Anita Belle Colton was born to Irish parents and Gladys M. Colton in Kansas City, Colton took the first chance to leave her unhappy home when, at age 14, she became a contestant in the popular Walk-a-thons as a dancer. She toured with the Walk-a-thons circuits for two years, occasionally being called upon to sing, in 1934, she began touring the Midwest as a marathon dance contestant and singing The Lady in Red for tips. In 1936, she left the endurance contests, determined to become a professional singer. She started out as a girl in such Uptown venues as the Celebrity Club and the Vanity Fair, found work as a singer and waitress at the Ball of Fire, the Vialago. At the Vialago, ODay met the drummer Don Carter, who introduced her to music theory, they wed in 1937. Her first big break came in 1938 when Down Beat editor Carl Cons hired her to work at his new club at 222 North State Street, the Off-Beat, which became a popular hangout for musicians. Also performing at the Off-Beat was the Max Miller Quartet, which backed ODay for the first ten days of her stay there, the call from Krupa came in early 1941.

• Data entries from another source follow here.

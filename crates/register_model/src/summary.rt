//! The counts of a history: `counts_of` of `specs/Summary.antt`.

ghost use Rattle.std.specs.Prelude.{◌≡◌, ◌+◌, ◌*◌, ◌<◌, ◌^◌, length};
ghost use Rattle.register_model.specs.Summary.{ended_so, ended, number_of, total, endings_of, totals_of, counts_of};

use crate::history::History;
use crate::op::{Op, Outcome, Traffic};

/// How many operations ended in each way. Each operation counts once.
#[derive(Clone, Copy)]
pub struct Endings {
    /// Opens that got a content.
    pub opened: usize,
    /// Closes that replaced a file.
    pub closed: usize,
    /// Others that were done, whether or not they had something to tell.
    pub other: usize,
    /// Those that ended and were not done: refused, lost or failed.
    pub refused: usize,
    /// Those that have not ended.
    pub running: usize,
}

/// What all operations sent and received.
#[derive(Clone, Copy)]
pub struct Totals {
    /// CONDWRITE calls sent.
    pub cond: u128,
    /// TMPWRITE calls sent.
    pub tmp: u128,
    /// READ calls sent.
    pub read: u128,
    /// Bytes of file data: those sent by TMPWRITE and those received by READ.
    pub data: u128,
}

/// The counts of a history.
#[derive(Clone, Copy)]
pub struct Counts {
    /// All operations.
    pub ops: usize,
    /// How many of them ended in each way.
    pub endings: Endings,
    /// What all of them sent and received.
    pub totals: Totals,
}

/// A way in which an operation may have ended.
#[derive(Clone, Copy)]
enum Way {
    /// An open got a content.
    Opened,
    /// A close replaced a file.
    Closed,
    /// It was done, and was neither.
    Other,
    /// It ended, and was not done.
    Refused,
    /// It has not ended.
    Running,
}

/// One of the numbers of what an operation sent and received.
#[derive(Clone, Copy)]
enum Share {
    /// CONDWRITE calls.
    Cond,
    /// TMPWRITE calls.
    Tmp,
    /// READ calls.
    Read,
    /// Bytes of file data.
    Data,
}

/// Whether an operation ended in this way.
fn ended_so(way: Way, outcome: &Outcome) -> bool
    ensures { result ≡ ended_so way outcome.now }
{
    match way {
        Way::Opened => outcome.is_opened(),
        Way::Closed => outcome.is_closed(),
        Way::Other => outcome.is_other(),
        Way::Refused => outcome.is_refused(),
        Way::Running => matches!(outcome, Outcome::Running),
    }
}

/// How many operations ended in this way.
fn count(ops: &[Op], way: Way) -> usize
    ensures { result ≡ ended (ended_so way) ops.now }
{
    let mut found = 0;
    for op in ops {
        if ended_so(way, &op.outcome) {
            found += 1;
        }
    }
    found
}

/// How many operations ended in each way.
fn count_endings(ops: &[Op]) -> Endings
    ensures { result ≡ endings_of ops.now }
{
    Endings {
        opened: count(ops, Way::Opened),
        closed: count(ops, Way::Closed),
        other: count(ops, Way::Other),
        refused: count(ops, Way::Refused),
        running: count(ops, Way::Running),
    }
}

/// One number of what was sent and received.
fn number_of(traffic: &Traffic, which: Share) -> u64
    ensures { result ≡ number_of which traffic.now }
{
    match which {
        Share::Cond => traffic.cond,
        Share::Tmp => traffic.tmp,
        Share::Read => traffic.read,
        Share::Data => traffic.data,
    }
}

/// One number of what all operations sent and received.
fn total(ops: &[Op], which: Share) -> u128
    ensures { result ≡ total (number_of which) ops.now }
{
    ops.iter()
        .map(|op| number_of(&op.traffic, which) as u128)
        .sum()
}

/// What all operations sent and received.
fn add_totals(ops: &[Op]) -> Totals
    ensures { result ≡ totals_of ops.now }
{
    Totals {
        cond: total(ops, Share::Cond),
        tmp: total(ops, Share::Tmp),
        read: total(ops, Share::Read),
        data: total(ops, Share::Data),
    }
}

/// The counts of a history.
pub fn summary(history: &History) -> Counts
    ensures { result ≡ counts_of history.now }
{
    let ops = history.of_clients();
    Counts {
        ops: ops.len(),
        endings: count_endings(ops),
        totals: add_totals(ops),
    }
}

Of the 34 sides she recorded with Krupa, it was Let Me Off Uptown, a novelty duet with Roy Eldridge and that same year, Down Beat named ODay New Star of the Year. In 1942 she appeared with the Krupa band in two soundies, singing Thanks for the Boogie Ride and Let Me Off Uptown, the same year Down Beat magazine readers voted her into the top five big band singers. ODay came in fourth, with Helen OConnell first, Helen Forrest second, Billie Holiday third, ODay married golf pro and jazz fan Carl Hoff in 1942. When Krupas band broke up after he was arrested for possession of cannabis in 1943, ODay joined Woody Herman for a gig at the Hollywood Palladium
Barbara Stanwyck was an American actress and dancer. She was a film and television star, known during her 60-year career as a consummate and versatile professional with a strong, realistic screen presence, deMille, Fritz Lang, and Frank Capra. After a short but notable career as an actress in the late 1920s, she made 85 films in 38 years in Hollywood. Orphaned at the age of four and partially raised in foster homes and she was nominated for the Academy Award for Best Actress four times, for Stella Dallas, Ball of Fire, Double Indemnity and Sorry, Wrong Number. For her television work she won three Emmy Awards, for The Barbara Stanwyck Show, The Big Valley and The Thorn Birds, the Thorn Birds won her a Golden Globe. She received an Honorary Oscar at the 1982 Academy Award ceremony and she was the recipient of honorary lifetime awards from the American Film Institute, the Film Society of Lincoln Center, the Los Angeles Film Critics Association and the Screen Actors Guild. Stanwyck received a star on the Hollywood Walk of Fame in 1960, Barbara Stanwyck was born Ruby Catherine Stevens on July 16,1907, in Brooklyn, New York.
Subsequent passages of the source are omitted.